Your assignment: Give back every entry below, exactly as written.

Raw data:
....................
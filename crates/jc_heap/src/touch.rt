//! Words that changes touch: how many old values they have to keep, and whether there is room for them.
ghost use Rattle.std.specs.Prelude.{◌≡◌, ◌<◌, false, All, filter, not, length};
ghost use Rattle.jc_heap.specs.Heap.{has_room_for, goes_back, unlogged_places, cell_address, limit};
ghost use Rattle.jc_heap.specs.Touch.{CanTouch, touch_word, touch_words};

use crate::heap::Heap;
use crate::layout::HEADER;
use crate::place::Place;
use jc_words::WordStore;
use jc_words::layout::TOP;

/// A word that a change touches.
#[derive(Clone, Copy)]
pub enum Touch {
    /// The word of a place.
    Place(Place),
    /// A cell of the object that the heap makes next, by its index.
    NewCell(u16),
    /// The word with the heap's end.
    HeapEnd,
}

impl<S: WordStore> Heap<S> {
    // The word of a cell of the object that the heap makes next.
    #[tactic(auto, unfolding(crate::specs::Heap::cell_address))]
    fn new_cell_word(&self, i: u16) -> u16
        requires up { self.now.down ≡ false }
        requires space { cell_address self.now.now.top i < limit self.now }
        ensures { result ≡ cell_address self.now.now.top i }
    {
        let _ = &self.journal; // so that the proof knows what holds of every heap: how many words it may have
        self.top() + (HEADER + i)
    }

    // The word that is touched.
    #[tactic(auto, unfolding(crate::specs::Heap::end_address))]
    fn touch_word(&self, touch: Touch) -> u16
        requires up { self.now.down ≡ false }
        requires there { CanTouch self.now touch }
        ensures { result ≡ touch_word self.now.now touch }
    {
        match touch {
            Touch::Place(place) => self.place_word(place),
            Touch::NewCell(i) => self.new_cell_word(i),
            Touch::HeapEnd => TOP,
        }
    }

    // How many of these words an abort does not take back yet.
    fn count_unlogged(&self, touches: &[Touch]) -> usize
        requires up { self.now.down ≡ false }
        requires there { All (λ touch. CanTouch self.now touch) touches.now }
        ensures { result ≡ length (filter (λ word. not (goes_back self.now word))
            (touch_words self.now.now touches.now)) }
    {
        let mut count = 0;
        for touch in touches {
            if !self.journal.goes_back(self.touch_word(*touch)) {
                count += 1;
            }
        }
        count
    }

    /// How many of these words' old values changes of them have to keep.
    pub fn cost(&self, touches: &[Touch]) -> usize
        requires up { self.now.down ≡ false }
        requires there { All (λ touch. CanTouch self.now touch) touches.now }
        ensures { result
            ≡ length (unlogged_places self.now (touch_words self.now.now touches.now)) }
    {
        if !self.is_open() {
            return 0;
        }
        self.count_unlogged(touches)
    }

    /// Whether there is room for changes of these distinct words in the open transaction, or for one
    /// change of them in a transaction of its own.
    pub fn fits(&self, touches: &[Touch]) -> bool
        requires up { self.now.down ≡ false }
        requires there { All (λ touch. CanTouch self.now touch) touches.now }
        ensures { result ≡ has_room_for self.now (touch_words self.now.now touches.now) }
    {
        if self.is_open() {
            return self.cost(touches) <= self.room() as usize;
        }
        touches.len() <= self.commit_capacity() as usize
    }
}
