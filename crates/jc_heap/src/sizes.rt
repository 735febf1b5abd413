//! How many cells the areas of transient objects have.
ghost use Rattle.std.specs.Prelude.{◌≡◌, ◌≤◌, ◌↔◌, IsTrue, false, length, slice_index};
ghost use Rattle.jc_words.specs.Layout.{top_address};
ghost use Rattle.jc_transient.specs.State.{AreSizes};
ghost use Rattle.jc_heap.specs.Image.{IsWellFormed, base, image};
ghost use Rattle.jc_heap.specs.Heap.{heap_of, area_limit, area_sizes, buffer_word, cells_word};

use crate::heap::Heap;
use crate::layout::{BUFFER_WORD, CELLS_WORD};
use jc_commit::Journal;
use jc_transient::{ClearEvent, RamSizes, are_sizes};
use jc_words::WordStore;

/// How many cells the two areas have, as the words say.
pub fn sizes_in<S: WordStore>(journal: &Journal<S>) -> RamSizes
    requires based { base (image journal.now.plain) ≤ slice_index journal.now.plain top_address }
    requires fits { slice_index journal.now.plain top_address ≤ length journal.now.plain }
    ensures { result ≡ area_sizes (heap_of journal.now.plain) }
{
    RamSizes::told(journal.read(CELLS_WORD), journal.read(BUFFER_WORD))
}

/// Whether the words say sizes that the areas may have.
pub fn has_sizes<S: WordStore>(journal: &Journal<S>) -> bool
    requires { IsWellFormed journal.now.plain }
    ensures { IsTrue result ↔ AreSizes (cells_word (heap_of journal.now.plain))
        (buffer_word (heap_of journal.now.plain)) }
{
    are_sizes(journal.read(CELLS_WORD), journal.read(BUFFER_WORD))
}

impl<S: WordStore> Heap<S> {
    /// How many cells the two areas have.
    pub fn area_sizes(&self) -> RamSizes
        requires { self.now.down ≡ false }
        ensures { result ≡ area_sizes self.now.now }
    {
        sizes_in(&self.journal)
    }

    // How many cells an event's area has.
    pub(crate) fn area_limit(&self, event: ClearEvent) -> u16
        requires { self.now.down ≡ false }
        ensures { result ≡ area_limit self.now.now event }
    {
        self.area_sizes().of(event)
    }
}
....................
Answer:
filename crates/jc_heap/src/touch.rt
//! Words that changes touch: how many old values they have to keep, and whether there is room for them.
ghost use Rattle.std.specs.Prelude.{◌≡◌, ◌<◌, false, All, filter, not, length};
ghost use Rattle.jc_heap.specs.Heap.{has_room_for, goes_back, unlogged_places, cell_address, limit};
ghost use Rattle.jc_heap.specs.Touch.{CanTouch, touch_word, touch_words};

use crate::heap::Heap;
use crate::layout::HEADER;
use crate::place::Place;
use jc_words::WordStore;
use jc_words::layout::TOP;

/// A word that a change touches.
#[derive(Clone, Copy)]
pub enum Touch {
    /// The word of a place.
    Place(Place),
    /// A cell of the object that the heap makes next, by its index.
    NewCell(u16),
    /// The word with the heap's end.
    HeapEnd,
}

impl<S: WordStore> Heap<S> {
    // The word of a cell of the object that the heap makes next.
    #[tactic(auto, unfolding(crate::specs::Heap::cell_address))]
    fn new_cell_word(&self, i: u16) -> u16
        requires up { self.now.down ≡ false }
        requires space { cell_address self.now.now.top i < limit self.now }
        ensures { result ≡ cell_address self.now.now.top i }
    {
        let _ = &self.journal; // so that the proof knows what holds of every heap: how many words it may have
        self.top() + (HEADER + i)
    }

    // The word that is touched.
    #[tactic(auto, unfolding(crate::specs::Heap::end_address))]
    fn touch_word(&self, touch: Touch) -> u16
        requires up { self.now.down ≡ false }
        requires there { CanTouch self.now touch }
        ensures { result ≡ touch_word self.now.now touch }
    {
        match touch {
            Touch::Place(place) => self.place_word(place),
            Touch::NewCell(i) => self.new_cell_word(i),
            Touch::HeapEnd => TOP,
        }
    }

    // How many of these words an abort does not take back yet.
    fn count_unlogged(&self, touches: &[Touch]) -> usize
        requires up { self.now.down ≡ false }
        requires there { All (λ touch. CanTouch self.now touch) touches.now }
        ensures { result ≡ length (filter (λ word. not (goes_back self.now word))
            (touch_words self.now.now touches.now)) }
    {
        let mut count = 0;
        for touch in touches {
            if !self.journal.goes_back(self.touch_word(*touch)) {
                count += 1;
            }
        }
        count
    }

    /// How many of these words' old values changes of them have to keep.
    pub fn cost(&self, touches: &[Touch]) -> usize
        requires up { self.now.down ≡ false }
        requires there { All (λ touch. CanTouch self.now touch) touches.now }
        ensures { result
            ≡ length (unlogged_places self.now (touch_words self.now.now touches.now)) }
    {
        if !self.is_open() {
            return 0;
        }
        self.count_unlogged(touches)
    }

    /// Whether there is room for changes of these distinct words in the open transaction, or for one
    /// change of them in a transaction of its own.
    pub fn fits(&self, touches: &[Touch]) -> bool
        requires up { self.now.down ≡ false }
        requires there { All (λ touch. CanTouch self.now touch) touches.now }
        ensures { result ≡ has_room_for self.now (touch_words self.now.now touches.now) }
    {
        if self.is_open() {
            return self.cost(touches) <= self.room() as usize;
        }
        touches.len() <= self.commit_capacity() as usize
    }
}
filename crates/jc_heap/src/sizes.rt
repository 735febf1b5abd413
//! How many cells the areas of transient objects have.
ghost use Rattle.std.specs.Prelude.{◌≡◌, ◌≤◌, ◌↔◌, IsTrue, false, length, slice_index};
ghost use Rattle.jc_words.specs.Layout.{top_address};
ghost use Rattle.jc_transient.specs.State.{AreSizes};
ghost use Rattle.jc_heap.specs.Image.{IsWellFormed, base, image};
ghost use Rattle.jc_heap.specs.Heap.{heap_of, area_limit, area_sizes, buffer_word, cells_word};

use crate::heap::Heap;
use crate::layout::{BUFFER_WORD, CELLS_WORD};
use jc_commit::Journal;
use jc_transient::{ClearEvent, RamSizes, are_sizes};
use jc_words::WordStore;

/// How many cells the two areas have, as the words say.
pub fn sizes_in<S: WordStore>(journal: &Journal<S>) -> RamSizes
    requires based { base (image journal.now.plain) ≤ slice_index journal.now.plain top_address }
    requires fits { slice_index journal.now.plain top_address ≤ length journal.now.plain }
    ensures { result ≡ area_sizes (heap_of journal.now.plain) }
{
    RamSizes::told(journal.read(CELLS_WORD), journal.read(BUFFER_WORD))
}

/// Whether the words say sizes that the areas may have.
pub fn has_sizes<S: WordStore>(journal: &Journal<S>) -> bool
    requires { IsWellFormed journal.now.plain }
    ensures { IsTrue result ↔ AreSizes (cells_word (heap_of journal.now.plain))
        (buffer_word (heap_of journal.now.plain)) }
{
    are_sizes(journal.read(CELLS_WORD), journal.read(BUFFER_WORD))
}

impl<S: WordStore> Heap<S> {
    /// How many cells the two areas have.
    pub fn area_sizes(&self) -> RamSizes
        requires { self.now.down ≡ false }
        ensures { result ≡ area_sizes self.now.now }
    {
        sizes_in(&self.journal)
    }

    // How many cells an event's area has.
    pub(crate) fn area_limit(&self, event: ClearEvent) -> u16
        requires { self.now.down ≡ false }
        ensures { result ≡ area_limit self.now.now event }
    {
        self.area_sizes().of(event)
    }
}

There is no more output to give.